To solve the problem step by step, we will use the properties of cones and the relationships given in the question. ### Step 1: Define the Variables Let: - \( r_y \) = radius of cone y - \( r_x \) = radius of cone x According to the problem, we have: \[ r_x = 3r_y \] ### Step 2: Volume of the Cones The volume \( V \) of a cone is given by the formula: \[ V = \frac{1}{3} \pi r^2 h \] Where \( r \) is the radius and \( h \) is the height of the cone.
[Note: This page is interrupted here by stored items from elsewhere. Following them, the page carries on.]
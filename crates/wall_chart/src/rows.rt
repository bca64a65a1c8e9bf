// What stands, types, parts and rules are called on a chart.
ghost use Rattle.std.specs.Prelude.{◌≡◌, ◌++◌, OnOk};
ghost use Rattle.apron_rules.specs.RuleWords.{rule_word};
ghost use Rattle.wall_chart.specs.Rows.{filled_up, part_text, row_text, stand_text, type_text};

use crate::times::{push_number, push_span};
use apron_base::{Memory, PartId, StandNo, VisitNo};
use apron_rules::{AirportParts, Rule, rule_word};
use plan_core::Plan;
use visit_book::PartRow;

// How many places a stand's name takes.
const NAME_PLACES: usize = 6;

// As many spaces.
const SPACES: [u8; NAME_PLACES] = *b"      ";

fn push_filled_up(text: &mut Vec<u8>, name: &[u8]) -> Result<(), Memory>
    ensures text { OnOk result (text.new.items ≡ text.old.items ++ filled_up name.now) }
{
    text.extend_from_slice(name)?;
    text.extend_from_slice(&SPACES[..NAME_PLACES.saturating_sub(name.len())])?;
    Ok(())
}

/// Writes the name of a stand at the end, filled up with spaces.
pub(crate) fn push_stand(
    text: &mut Vec<u8>,
    airport: &AirportParts,
    stand: StandNo,
) -> Result<(), Memory>
    ensures text { OnOk result (text.new.items ≡ text.old.items ++ stand_text airport.now stand) }
{
    match airport.stands.as_slice().get(stand.0 as usize) {
        Some(row) => push_filled_up(text, row.name.bytes()),
        None => push_filled_up(text, b""),
    }
}

// Writes the name of a visit's type at the end.
fn push_type(
    text: &mut Vec<u8>,
    airport: &AirportParts,
    plan: &Plan,
    number: VisitNo,
) -> Result<(), Memory>
    ensures text { OnOk result
        (text.new.items ≡ text.old.items ++ type_text airport.now plan.now.plan.visits number) }
{
    if let Some(visit) = plan.visit(number) {
        if let Some(row) = airport.types.as_slice().get(visit.kind.0 as usize) {
            text.extend_from_slice(row.name.bytes())?;
        }
    }
    Ok(())
}

/// Writes the number of a part at the end, as `VISIT.PART`. At `Err` memory has run out.
pub fn push_part(text: &mut Vec<u8>, part: PartId) -> Result<(), Memory>
    ensures text { OnOk result (text.new.items ≡ text.old.items ++ part_text part) }
{
    push_number(text, part.visit.0)?;
    text.push(b'.')?;
    push_number(text, part.part as u32)
}

/// Writes a part with its type and its minutes at the end.
pub(crate) fn push_row(
    text: &mut Vec<u8>,
    airport: &AirportParts,
    plan: &Plan,
    row: &PartRow,
) -> Result<(), Memory>
    ensures text { OnOk result
        (text.new.items ≡ text.old.items ++ row_text airport.now plan.now.plan.visits row.now) }
{
    push_part(text, row.id)?;
    text.push(b' ')?;
    push_type(text, airport, plan, row.id.visit)?;
    text.push(b' ')?;
    push_span(text, row.part.from, row.part.to)
}

/// Writes the word of a rule at the end. At `Err` memory has run out.
pub fn push_rule(text: &mut Vec<u8>, rule: Rule) -> Result<(), Memory>
    ensures text { OnOk result (text.new.items ≡ text.old.items ++ rule_word rule) }
{
    text.extend_from_slice(rule_word(rule).as_bytes())?;
    Ok(())
}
For cone x: \[ V_x = \frac{1}{3} \pi r_x^2 h_x \] For cone y: \[ V_y = \frac{1}{3} \pi r_y^2 h_y \] ### Step 3: Relationship Between Volumes According to the problem, the volume of cone y is half the volume of cone x: \[ V_y = \frac{1}{2} V_x \] Substituting the volume formulas: \[ \frac{1}{3} \pi r_y^2 h_y = \frac{1}{2} \left( \frac{1}{3} \pi r_x^2 h_x \right) \] ### Step 4: Simplifying the Equation We can cancel \( \frac{1}{3} \pi \) from both sides: \[ r_y^2 h_y = \frac{1}{2} r_x^2 h_x \] ### Step 5: Substitute \( r_x \) Now substitute \( r_x = 3r_y \) into the equation: \[ r_y^2 h_y = \frac{1}{2} (3r_y)^2 h_x \] This simplifies to: \[ r_y^2 h_y = \frac{1}{2} \cdot 9 r_y^2 h_x \] ### Step 6: Cancel \( r_y^2 \) Assuming \( r_y \neq 0 \), we can divide both sides by \( r_y^2 \): \[ h_y = \frac{9}{2} h_x \] ### Step 7: Finding the Ratio of Heights To find the ratio of the heights \( h_x \) and \( h_y \): \[ \frac{h_x}{h_y} = \frac{h_x}{\frac{9}{2} h_x} = \frac{2}{9} \] Thus, the ratio of the heights of cone x to cone y is: \[ \frac{h_x}{h_y} = \frac{2}{9} \] ### Final Answer The required ratio of the heights of cones x and y is: \[ 2 : 9 \] ---